A roadmap to better mapping
Geographers and cartographers often use 2-3 three different software packages for data analysis: they will probably never settle around one tool, online at that, and create a ‘community’ of users there. Instead, the NGOs interested in such a tool should rather offer geo-info advice and look at light open-source GIS software to distribute: how many development workers in the field have had difficulties with the (basic) tabular conversions associated with GPS data? Many many me thinks.
That’s Cédric Jeanneret-Grosjean on online mapping resources. What he’s saying is that they, er, should not be online. Bold. Very bold. But a model that has in fact been followed, at least for the spatial analysis of biodiversity, agricultural and otherwise. And with some success. Maybe time for the crop distribution modellers to try it?
Let’s remember this is important. We’re not just arguing about how to make prettier maps. Identifying what constraints are going to be most significant, when, where in the world, for each crop, is going to be crucial in setting breeding agendas for the next 20 years and more. Breeders need to be able to explore and interrogate these future suitability maps, and explain what they get out of them to their bosses and the policy-makers above them. It’s important to make them as accessible and easy to use as possible. What we have at the moment is not fit for purpose.
Still waiting for a decent way to map change in climate suitability
There seems — inevitably — to be something of a competition out there to produce maps of changes in climatic suitability for different crops. And I’m not saying that’s necessarily a bad thing. The recent launch of FAO’s GAEZ Data Portal gives us a much-needed alternative to the all-but-unusable offering by CCAFS. Sad to say, it is not much of an alternative.

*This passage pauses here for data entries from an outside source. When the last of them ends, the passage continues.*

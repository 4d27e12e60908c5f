// The lines before the monitor is open.
use crate::covers::{Holdings, hold};
use crate::notices::Notices;
use journal::line::Line;
use journal::reader::read;
use opening::setup::Setup;
use replies::fault::Fault;
use std::io::Write;

// What the line declares; none where it has no word.
fn declared(setup: &mut Setup, line: Result<Line<'_>, Fault>) -> Option<Result<(), Fault>> {
    match line {
        Ok(Line::Blank) => None,
        Ok(Line::Declare(declaration)) => Some(setup.declare(declaration)),
        Ok(_) => Some(setup.ready()),
        Err(fault) => Some(Err(fault)),
    }
}

// Takes one line; what is printed of `open` is left to who opens. A holding is no call, so it may come before.
pub(crate) fn declare<W: Write + Drop>(
    notices: &mut Notices<W>,
    setup: &mut Setup,
    holdings: &mut Holdings,
    line: &[u8],
) -> anyhow::Result<()> {
    let line = read(line);
    if let Ok(Line::Holding(row)) = line {
        return hold(notices, holdings, row);
    }
    match declared(setup, line) {
        Some(Err(fault)) => notices.malformed(fault),
        Some(Ok(())) if !setup.is_open() => notices.declared(),
        Some(Ok(())) | None => Ok(()),
    }
}
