// What is printed: a notice for each line that has one, and the counts at the end.
use crate::tally::Tally;
use book::position::Shape;
use index::mark::MarkRow;
use journal::names::mark_word;
use replies::fault::Fault;
use replies::told::Told;
use std::alloc::Global;
use std::fmt::Display;
use std::io::{BufWriter, Write};
use terms::mark::Mark;
use terms::refusal::Refusal;

#[derive(Drop)]
pub(crate) struct Notices<W: Write + Drop> {
    out: BufWriter<W>,
    tally: Tally,
}

impl<W: Write + Drop> Notices<W> {
    pub(crate) fn new(heap: Global, out: W) -> anyhow::Result<Notices<W>> {
        Ok(Notices {
            out: BufWriter::new(heap, out)?,
            tally: Tally::default(),
        })
    }

    // Goes to the next line: what is printed next is of that one.
    pub(crate) fn next_line(&mut self) {
        self.tally.count_line();
    }

    // A notice of the line.
    fn tell<T: Display + Drop>(&mut self, what: T) -> anyhow::Result<()> {
        let n = self.tally.lines;
        writeln!(self.out, "{n} {what}")?;
        Ok(())
    }

    pub(crate) fn malformed(&mut self, fault: Fault) -> anyhow::Result<()> {
        self.tally.count_malformed();
        let n = self.tally.lines;
        writeln!(self.out, "{n} malformed {fault}")?;
        Ok(())
    }

    pub(crate) fn declared(&mut self) -> anyhow::Result<()> {
        self.tell("declared")
    }

    pub(crate) fn opened(&mut self, shape: Shape) -> anyhow::Result<()> {
        let n = self.tally.lines;
        let Shape {
            entities,
            contracts,
            capacity,
        } = shape;
        writeln!(self.out, "{n} open {entities} {contracts} {capacity}")?;
        Ok(())
    }

    pub(crate) fn not_opened(&mut self) -> anyhow::Result<()> {
        self.tell("not open")
    }

    // The answer to a call.
    pub(crate) fn called(&mut self, answer: Result<i64, Refusal>) -> anyhow::Result<()> {
        self.tally.count_call(answer.is_ok());
        self.tell(Told(answer))
    }

    // The answer to a question.
    pub(crate) fn told<T: Display + Drop>(&mut self, answer: T) -> anyhow::Result<()> {
        let n = self.tally.lines;
        writeln!(self.out, "{n} ok {answer}")?;
        Ok(())
    }

    // The answer to a question that lacks something. Questions are not counted.
    pub(crate) fn declined(&mut self, refusal: Refusal) -> anyhow::Result<()> {
        self.tell(Told(Err(refusal)))
    }

    // A line that is taken and answers nothing.
    pub(crate) fn taken(&mut self) -> anyhow::Result<()> {
        self.tell("ok")
    }

    // What is kept of a mark.
    pub(crate) fn row(&mut self, row: MarkRow) -> anyhow::Result<()> {
        let n = self.tally.lines;
        let sighted = u8::from(row.sighted);
        let MarkRow { count, largest, .. } = row;
        writeln!(self.out, "{n} ok {sighted} {count} {largest}")?;
        Ok(())
    }

    // What became of an entity's mark, and its value.
    pub(crate) fn mark(
        &mut self,
        what: &str,
        entity: usize,
        mark: Mark,
        value: u128,
    ) -> anyhow::Result<()> {
        let mark = mark_word(mark);
        writeln!(self.out, "  {what} {entity} {mark} {value}")?;
        Ok(())
    }

    // What an entity violates and is charged.
    pub(crate) fn charged(
        &mut self,
        entity: usize,
        violated: u64,
        charge: u64,
    ) -> anyhow::Result<()> {
        writeln!(self.out, "  charged {entity} {violated} {charge}")?;
        Ok(())
    }

    // What became of a ban, and market interest.
    pub(crate) fn ban(&mut self, turn: &str, interest: u128) -> anyhow::Result<()> {
        writeln!(self.out, "  ban {turn} interest {interest}")?;
        Ok(())
    }

    // The reading of an entity.
    pub(crate) fn reading(
        &mut self,
        entity: usize,
        net: i64,
        long: i64,
        short: i64,
    ) -> anyhow::Result<()> {
        writeln!(
            self.out,
            "  entity {entity} net {net} long {long} short {short}"
        )?;
        Ok(())
    }

    pub(crate) fn end(mut self) -> anyhow::Result<()> {
        let Tally {
            lines,
            accepted,
            refused,
            malformed,
        } = self.tally;
        writeln!(
            self.out,
            "end lines {lines} accepted {accepted} refused {refused} malformed {malformed}"
        )?;
        self.out.flush()?;
        Ok(())
    }
}
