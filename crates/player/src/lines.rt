// The lines of an input, one at a time in a buffer that is used again. The reader's own iterator, `split`, allocates each line: with
// it a journal of a million calls takes a tenth longer.
use std::alloc::Global;
use std::io::{BufRead, BufReader, Read};

#[derive(Drop)]
pub(crate) struct Lines<R: Read + Drop> {
    input: BufReader<R>,
    line: Vec<u8>,
}

impl<R: Read + Drop> Lines<R> {
    pub(crate) fn new(heap: Global, input: R) -> anyhow::Result<Lines<R>> {
        Ok(Lines {
            input: BufReader::new(heap, input)?,
            line: Vec::new(heap),
        })
    }

    // The next line, without its line feed, or none at the end of the input.
    pub(crate) fn next_line(&mut self) -> anyhow::Result<Option<&[u8]>> {
        self.line.clear();
        if self.input.read_until(b'\n', &mut self.line)? == 0 {
            return Ok(None);
        }
        let line = self.line.as_slice();
        Ok(Some(line.strip_suffix(b"\n").unwrap_or(line)))
    }
}
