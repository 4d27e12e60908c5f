// What the last line counts.

#[derive(Clone, Copy, Default, Debug)]
pub(crate) struct Tally {
    pub lines: u64,
    pub accepted: u64,
    pub refused: u64,
    pub malformed: u64,
}

impl Tally {
    pub(crate) fn count_line(&mut self) {
        self.lines = self.lines.saturating_add(1);
    }

    pub(crate) fn count_call(&mut self, accepted: bool) {
        let calls = if accepted {
            &mut self.accepted
        } else {
            &mut self.refused
        };
        *calls = calls.saturating_add(1);
    }

    pub(crate) fn count_malformed(&mut self) {
        self.malformed = self.malformed.saturating_add(1);
    }
}
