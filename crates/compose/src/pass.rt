// The pass over the tokens of a text.
ghost use Rattle.std.specs.Prelude.{◌≡◌, ℕ, ◌+◌, ◌<◌, length, replicate, ltb};
ghost use Rattle.text.specs.Tokens.{class_of};
ghost use Rattle.text.specs.Limited.{source, place};
ghost use Rattle.text.specs.Composing.{compose_token};
ghost use Rattle.compose.specs.Standing.{row_room, op_room, open_room, value_room, Countable, Read};
ghost use Rattle.compose.specs.Deals.{Roomy};
ghost use Rattle.compose.specs.Words.{Plain, Spelled};
ghost use Rattle.compose.specs.Passes.{Passes, nothing_read};

use crate::ops::CHILD;
use crate::read::read_token;
use crate::words::{number_value, word_number};
use crate::{Bench, Hand, Passed, Stack, State};
use names::Names;
use text::Sort;
use tokens::{Next, is_due, next_token};

// Nothing was read: the frame at the bottom stands for the whole text.
#[tactic(auto, unfolding(crate::specs::Passes::nothing_read))]
fn start() -> State
    ensures { result ≡ nothing_read }
{
    State {
        mode: 0,
        axis: CHILD,
        literals: 0,
        deepest: 0,
        bench: Bench {
            hand: Hand {
                link: 0,
                sort: Sort::Unheld,
                rows: 0,
            },
            height: 1,
        },
    }
}

// Are more rows committed than a path may have, with the frame at the bottom?
fn is_full(state: State) -> bool
    requires { (state.bench.hand.rows < 1000) × (state.bench.height < 1000) }
    ensures { result ≡ ltb 257 (state.bench.hand.rows + state.bench.height) }
{
    257 < state.bench.hand.rows + state.bench.height
}

// The state behind the next token.
fn read_next(
    text: &[u8],
    names: &Names,
    next: Next,
    state: State,
    rows: &mut [u32],
    frames: &mut Stack,
    values: &mut [f64],
) -> State
    requires { Spelled text.now names.now.list.now next.kind next.begin next.end
        × (next.kind < 33) × (state.mode < 14) × Roomy 514 state.bench rows.old × (state.literals < value_room)
        × (length values.old ≡ value_room) × Countable state.bench.height frames.old.opens }
    ensures { (result.mode < 14) × ((i : ℕ) → place (source text.now names.now.list.now) i ≡ next.begin
        → Read state rows.old frames.old.ops frames.old.opens values.old
        (λ w. compose_token (source text.now names.now.list.now) w i (class_of next.kind)) result
        rows.new frames.new.ops frames.new.opens values.new 4) }
{
    let kind = next.kind;
    let number = word_number(text, names, kind, next.begin, next.end);
    let value = number_value(text, names, kind, next.begin, next.end);
    read_token(kind, number, value, state, rows, frames, values)
}

// All tokens, up to the first behind which too many rows are committed.
pub fn pass_over(
    text: &[u8],
    names: &Names,
    rows: &mut [u32],
    frames: &mut Stack,
    values: &mut [f64],
) -> Passed
    requires { Plain text.now names.now.list.now × (length rows.old ≡ row_room)
        × (frames.old.ops ≡ replicate op_room 0) × (frames.old.opens ≡ replicate open_room 0) × (length values.old ≡ value_room) }
    ensures { Passes text.now names.now.list.now result rows.new frames.new.ops frames.new.opens values.new }
{
    let mut state = start();
    let mut next = next_token(text, 0, false);
    // Until the tokens end: it counts no index.
    while next.kind < 33 {
        state = read_next(text, names, next, state, rows, frames, values);
        if is_full(state) {
            return Passed { full: true, state };
        }
        next = next_token(text, next.end, is_due(next.kind));
    }
    Passed { full: false, state }
}
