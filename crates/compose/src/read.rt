// A token of any class, with its number and its value.
ghost use Rattle.std.specs.Prelude.{◌≡◌, ℕ, ◌-◌, ◌<◌, length};
ghost use Rattle.text.specs.Tokens.{class_of};
ghost use Rattle.text.specs.Limited.{Source, place, value_at};
ghost use Rattle.text.specs.Composing.{compose_token};
ghost use Rattle.compose.specs.Standing.{value_room, Countable, Read, word_number};
ghost use Rattle.compose.specs.Deals.{Roomy, of_desk};

use crate::deal::desk_token;
use crate::kinds::{
    BAR, CLOSING_SQUARE, COLONS, COMMA, FUNCTION_NAME, LITERAL, NUMBER, OPENING, SLASH, VARIABLE,
};
use crate::mode::next_mode;
use crate::steps::{number_token, slash_token, step_token};
use crate::{Stack, State};

// Does a token of this class change the desk alone?
#[tactic(auto, unfolding(crate::specs::Deals::of_desk))]
fn is_desk(kind: usize) -> bool
    ensures { result ≡ of_desk kind }
{
    matches!(
        kind,
        OPENING..=CLOSING_SQUARE | COMMA | COLONS | FUNCTION_NAME | LITERAL | VARIABLE | BAR..
    )
}

// The state behind a token of this class.
pub fn read_token(
    kind: usize,
    number: u32,
    value: f64,
    state: State,
    rows: &mut [u32],
    frames: &mut Stack,
    values: &mut [f64],
) -> State
    requires { (kind < 33) × (state.mode < 14) × Roomy 514 state.bench rows.old × (state.literals < value_room)
        × (length values.old ≡ value_room) × Countable state.bench.height frames.old.opens }
    ensures { (result.mode < 14) × ((s : Source) (i : ℕ) → number ≡ word_number s i kind → (kind ≡ 15 → value ≡ value_at s.text (place s i))
        → Read state rows.old frames.old.ops frames.old.opens values.old (λ w. compose_token s w i (class_of kind)) result
        rows.new frames.new.ops frames.new.opens values.new 4) }
{
    let mode = next_mode(kind, state.mode);
    if is_desk(kind) {
        let bench = desk_token(kind, number, state.mode, state.bench, rows, frames);
        return State {
            mode,
            bench,
            ..state
        };
    }
    if kind == NUMBER {
        return number_token(state, mode, value, rows, values);
    }
    if SLASH <= kind {
        return slash_token(kind, mode, state, rows, frames);
    }
    step_token(kind, number, mode, state, rows, frames)
}
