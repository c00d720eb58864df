// The rows, the literals and the depth of a path text without faults, in one pass over its tokens (document 02, W-202): the machine of
// crates/text/specs/Composing.antt with its rows and literals in slices and its frames in arrays. Memory is bounded: the pass stops once more rows are
// committed than a path may have.
#![tactic(auto)]

mod deal;
mod desk;
mod kinds;
mod mode;
mod ops;
mod pass;
mod pen;
mod read;
mod steps;
mod words;

ghost use Rattle.std.specs.Prelude.{◌≡◌, length};
ghost use Rattle.compose.specs.Standing.{row_room, value_room};
ghost use Rattle.compose.specs.Words.{Plain};
ghost use Rattle.compose.specs.Composes.{Composes};

use desk::settle_frames;
use names::Names;
use pass::pass_over;
use text::Sort;

// The link and the sort in hand, and the number of rows written.
#[derive(Clone, Copy)]
pub struct Hand {
    pub link: u32,
    pub sort: Sort,
    pub rows: usize,
}

// The same with the number of frames, which are rows to come.
#[derive(Clone, Copy)]
pub struct Bench {
    pub hand: Hand,
    pub height: usize,
}

// What was read last, the axis of the step to come, the number of literals, and the most paths around each other so far.
#[derive(Clone, Copy)]
pub struct State {
    pub mode: usize,
    pub axis: u32,
    pub literals: usize,
    pub deepest: usize,
    pub bench: Bench,
}

// The state behind the last token, or that too many rows are committed.
#[derive(Clone, Copy)]
pub struct Passed {
    pub full: bool,
    pub state: State,
}

// The rows of a text without faults, its literals, and the most paths around each other. Where there are more than 256 rows, more are told.
#[derive(Clone, Copy)]
pub struct Composed {
    pub rows: usize,
    pub literals: usize,
    pub depth: usize,
}

// 260 frames of four numbers, and two for the brackets that each counts.
const OPS: usize = 1040;

const OPENS: usize = 520;

// The stack of frames, and the brackets that they count (desk.rt).
#[derive(Drop)]
pub struct Stack {
    pub ops: [u32; OPS],
    pub opens: [usize; OPENS],
}

// Composes a text whose names are in the list and whose numbers have few digits. The slices have room for what one token may add where a path
// is full already.
pub fn compose(text: &[u8], names: &Names, rows: &mut [u32], values: &mut [f64]) -> Composed
    requires { Plain text.now names.now.list.now × (length rows.old ≡ row_room)
        × (length values.old ≡ value_room) }
    ensures { Composes text.now names.now.list.now rows.new values.new result }
{
    let mut frames = Stack {
        ops: [0; OPS],
        opens: [0; OPENS],
    };
    let passed = pass_over(text, names, rows, &mut frames, values);
    if passed.full {
        return Composed {
            rows: 257,
            literals: 0,
            depth: 0,
        };
    }
    let state = passed.state;
    let settled = settle_frames(state.bench, rows, &frames, 1);
    Composed {
        rows: settled.hand.rows,
        literals: state.literals,
        depth: state.deepest,
    }
}
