// The number that a token has by its words, and the value of a number.
ghost use Rattle.std.specs.Prelude.{◌≡◌, true, false, cond, ℕ, ◌+◌, ◌≤◌, length};
ghost use Rattle.names.specs.Names.{is_named, number_of, names_of};
ghost use Rattle.text.specs.Tokens.{between};
ghost use Rattle.text.specs.Limited.{source, place, is_star, value_at};
ghost use Rattle.compose.specs.Standing.{word_number};
ghost use Rattle.compose.specs.Words.{Spelled};

use crate::kinds::{AT, AXIS_NAME, FUNCTION_NAME, INSTRUCTION, NAME_TEST, NODE_TYPE, NUMBER};
use crate::ops::ATTRIBUTE;
use names::Names;
use tokens::{axis_number, function_number, is_star, type_number};

// A name's test: `*` is 1, the i-th name 16 + i.
fn name_number(text: &[u8], names: &Names, begin: usize, end: usize) -> u32
    requires { (begin ≤ end) × (end ≤ length text.now)
        × (is_star text.now begin ≡ false → is_named (names_of names.now.list.now) (between text.now begin end) ≡ true) }
    ensures { result ≡ cond (is_star text.now begin) 1 (16 + number_of (names_of names.now.list.now) (between text.now begin end)) }
{
    if is_star(text, begin) {
        return 1;
    }
    let number = names.number_of(&text[begin..end]).unwrap_or(0);
    (16 + number) as u32
}

// The number of a token by its class.
pub fn word_number(text: &[u8], names: &Names, kind: usize, begin: usize, end: usize) -> u32
    requires { Spelled text.now names.now.list.now kind begin end }
    ensures { (i : ℕ) → place (source text.now names.now.list.now) i ≡ begin
        → result ≡ word_number (source text.now names.now.list.now) i kind }
{
    match kind {
        AT => ATTRIBUTE,
        NAME_TEST => name_number(text, names, begin, end),
        NODE_TYPE => type_number(&text[begin..end]) as u32,
        INSTRUCTION => 4,
        FUNCTION_NAME => function_number(&text[begin..end]) as u32,
        AXIS_NAME => axis_number(&text[begin..end]) as u32,
        _ => 0,
    }
}

// The value of a number; 0 for any other token.
pub fn number_value(text: &[u8], names: &Names, kind: usize, begin: usize, end: usize) -> f64
    requires { Spelled text.now names.now.list.now kind begin end }
    ensures { kind ≡ 15 → result ≡ value_at text.now begin }
{
    if kind == NUMBER {
        return literals::value(text, begin, end);
    }
    0.0
}
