// Frames, which are rows to come: four numbers of one array, the op, the link that it has already, an axis and a test, and two of another, how
// many round brackets are open behind it and which of those was the last boolean().
ghost use Rattle.std.specs.Prelude.{◌≡◌, List, [], ◌∷◌, ℕ, ◌+◌, ◌-◌, ◌*◌, ◌<◌, ◌≤◌, length};
ghost use Rattle.std.proofs.lemmas.List.Edits.{sets};
ghost use Rattle.text.specs.Composing.{strength_of, settled, push, open_group, open_truth, close_round, close_square, paths_in};
ghost use Rattle.compose.specs.Standing.{frames_of, row_room, load, Worked, top_fills, filled, close_call, Countable, Opened};

use crate::ops::{ABSOLUTE, NEGATION, RELATIVE};
use crate::pen::{fill_row, made_predicate, made_truth, write_row};
use crate::{Bench, Hand, OPENS, OPS, Stack};
use text::Sort;

fn store_frame(ops: &mut [u32], at: usize, op: u32, a: u32, c: u32, d: u32)
    requires { at + 4 ≤ length ops.old }
    ensures { ops.new ≡ sets ops.old at (op ∷ a ∷ c ∷ d ∷ []) }
{
    ops[at] = op;
    ops[at + 1] = a;
    ops[at + 2] = c;
    ops[at + 3] = d;
}

fn store_open(opens: &mut [usize], at: usize, o: usize, t: usize)
    requires { at + 2 ≤ length opens.old }
    ensures { opens.new ≡ sets opens.old at (o ∷ t ∷ []) }
{
    opens[at] = o;
    opens[at + 1] = t;
}

// A frame that has the link in hand; then nothing is in hand.
pub fn push_frame(bench: Bench, frames: &mut Stack, op: u32, c: u32, d: u32) -> Bench
    requires { bench.height < 260 }
    ensures { (rows : List ℕ) → Worked bench rows frames.old.ops frames.old.opens (push op c d) result rows frames.new.ops
        frames.new.opens 2 }
{
    let height = bench.height;
    let hand = bench.hand;
    store_frame(&mut frames.ops, 4 * height, op, hand.link, c, d);
    store_open(&mut frames.opens, 2 * height, 0, 0);
    let empty = Hand {
        link: 0,
        sort: Sort::Unheld,
        ..hand
    };
    Bench {
        hand: empty,
        height: height + 1,
    }
}

// How strongly the row of each op to come binds.
static STRENGTHS: [usize; 26] = [
    0, 0, 0, 0, 5, 5, 6, 6, 6, 7, 3, 3, 4, 4, 4, 4, 2, 1, 0, 0, 0, 0, 9, 9, 11, 0,
];

#[tactic(auto, unfolding(text::specs::Composing::strength_of))]
pub fn strength(op: u32) -> usize
    ensures { result ≡ strength_of op }
{
    STRENGTHS.get(op as usize).copied().unwrap_or(0)
}

// Does the top frame bind at least as strongly as k, with no bracket open behind it?
fn may_fill(k: usize, frames: &Stack, height: usize) -> bool
    requires { height ≤ 260 }
    ensures { result ≡ top_fills k (frames_of frames.now.ops frames.now.opens height) }
{
    if height == 0 {
        return false;
    }
    let top = height - 1;
    k <= strength(frames.ops[4 * top]) && frames.opens[2 * top] == 0
}

// The top frame is filled.
fn fill_top(bench: Bench, rows: &mut [u32], ops: &[u32; OPS]) -> Bench
    requires { (0 < bench.height) × (load bench ≤ 518) × (length rows.old ≡ row_room) }
    ensures { (result.height + 1 ≡ bench.height) × ((opens : List ℕ) → Worked bench rows.old ops.now opens filled result
        rows.new ops.now opens 0) }
{
    let top = bench.height - 1;
    let hand = bench.hand;
    let at = 4 * top;
    let done = fill_row(hand, rows, ops[at], ops[at + 1], ops[at + 2], ops[at + 3]);
    Bench {
        hand: done,
        height: top,
    }
}

// The frames at the top that bind at least as strongly as k are filled.
pub fn settle_frames(bench: Bench, rows: &mut [u32], frames: &Stack, k: usize) -> Bench
    requires { (load bench ≤ 518) × (length rows.old ≡ row_room) }
    ensures { Worked bench rows.old frames.now.ops frames.now.opens (settled k) result rows.new frames.now.ops
        frames.now.opens 0 }
{
    let mut left = bench;
    // Until nothing more may be filled: it counts no index.
    while may_fill(k, frames, left.height) {
        left = fill_top(left, rows, &frames.ops);
    }
    left
}

// A round bracket opens behind the top frame.
pub fn open_group(height: usize, opens: &mut [usize; OPENS])
    requires { (height ≤ 260) × Countable height opens.old }
    ensures { Opened open_group height opens.old opens.new }
{
    if height == 0 {
        return;
    }
    let at = 2 * (height - 1);
    let open = opens[at] + 1;
    opens[at] = open;
}

// So does boolean(), and is then the last of those.
pub fn open_truth(height: usize, opens: &mut [usize; OPENS])
    requires { (height ≤ 260) × Countable height opens.old }
    ensures { Opened open_truth height opens.old opens.new }
{
    if height == 0 {
        return;
    }
    let at = 2 * (height - 1);
    let open = opens[at] + 1;
    store_open(opens, at, open, open);
}

// The bracket of not() or count() closes: the frame is the row.
fn close_call(bench: Bench, rows: &mut [u32], ops: &[u32; OPS]) -> Bench
    requires { (0 < bench.height) × (load bench ≤ 518) × (length rows.old ≡ row_room) }
    ensures { (opens : List ℕ) → Worked bench rows.old ops.now opens close_call result rows.new
        ops.now opens 0 }
{
    let top = bench.height - 1;
    let hand = bench.hand;
    let op = ops[4 * top];
    if op == NEGATION {
        let truth = made_truth(hand, rows);
        let done = write_row(truth, rows, op, truth.link, 0, 0, 0, Sort::Truth);
        return Bench {
            hand: done,
            height: top,
        };
    }
    let done = write_row(hand, rows, op, hand.link, 0, 0, 0, Sort::Numeral);
    Bench {
        hand: done,
        height: top,
    }
}

// `)` behind a settled desk. Behind the last boolean() the value is a truth already.
pub fn close_round(bench: Bench, rows: &mut [u32], frames: &mut Stack) -> Bench
    requires { (load bench ≤ 518) × (length rows.old ≡ row_room) }
    ensures { Worked bench rows.old frames.old.ops frames.old.opens close_round result rows.new frames.new.ops
        frames.new.opens 2 }
{
    let height = bench.height;
    if height == 0 {
        return bench;
    }
    let at = 2 * (height - 1);
    let open = frames.opens[at];
    let last = frames.opens[at + 1];
    if open == 0 {
        return close_call(bench, rows, &frames.ops);
    }
    frames.opens[at] = open - 1;
    if open != last {
        return bench;
    }
    let truth = made_truth(bench.hand, rows);
    Bench {
        hand: truth,
        ..bench
    }
}

// `]` behind a settled desk.
pub fn close_square(bench: Bench, rows: &mut [u32], ops: &[u32; OPS]) -> Bench
    requires { (load bench ≤ 518) × (length rows.old ≡ row_room) }
    ensures { (opens : List ℕ) → Worked bench rows.old ops.now opens close_square result rows.new
        ops.now opens 0 }
{
    let height = bench.height;
    if height == 0 {
        return bench;
    }
    let at = 4 * (height - 1);
    let hand = bench.hand;
    let held = made_predicate(hand, rows);
    let done = write_row(
        held,
        rows,
        ops[at],
        ops[at + 1],
        held.link,
        0,
        0,
        Sort::Unheld,
    );
    let top = height - 1;
    Bench {
        hand: done,
        height: top,
    }
}

// How many paths are to come.
pub fn paths_in(ops: &[u32; OPS], height: usize) -> usize
    requires { height ≤ 260 }
    ensures { ((opens : List ℕ) → result ≡ paths_in (frames_of ops.now opens height)) × (result ≤ height) }
{
    let mut count = 0;
    for i in 0..height {
        let op = ops[4 * i];
        if op == RELATIVE || op == ABSOLUTE {
            count += 1;
        }
    }
    count
}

Here’s the quick version. CCAFS’s Adaptation and Mitigation Knowledge Network allows you to map current suitability, future suitability and change in suitability for a few crops. The example below is change of suitability for Phaseolus beans in Africa. I wasn’t able to get rid of those extraneous place markers, nor to export the results other than by screengrab, nor to import my own data to super-impose, nor to include the legend in any sensible way.

FAO tries to fill the gaping hole left by this well-meaning but flawed tool by providing something that: has menus which are extremely cumbersome to navigate; does not include change in suitability, but then doesn’t let you combine present and future suitability to do your own analysis; does allow you to choose different climate models, but again not to combine the results; does allow various download options, none of them particularly useful, and then only if you register; and, needless to say, doesn’t allow you to import data.

It’s hard to say how one could better replicate, and in fact accentuate, the bad features of one tool, while ignoring whatever good things it had. Frankly, I’m running out of patience with websites which are clearly designed by one set of geeks for another set of geeks. Meanwhile, users — you know, the people for whom this stuff is allegedly produced — are left to cry over their keyboards, and think of what might have been. And regret the fact that they’ll never get back the hour they’ve just wasted.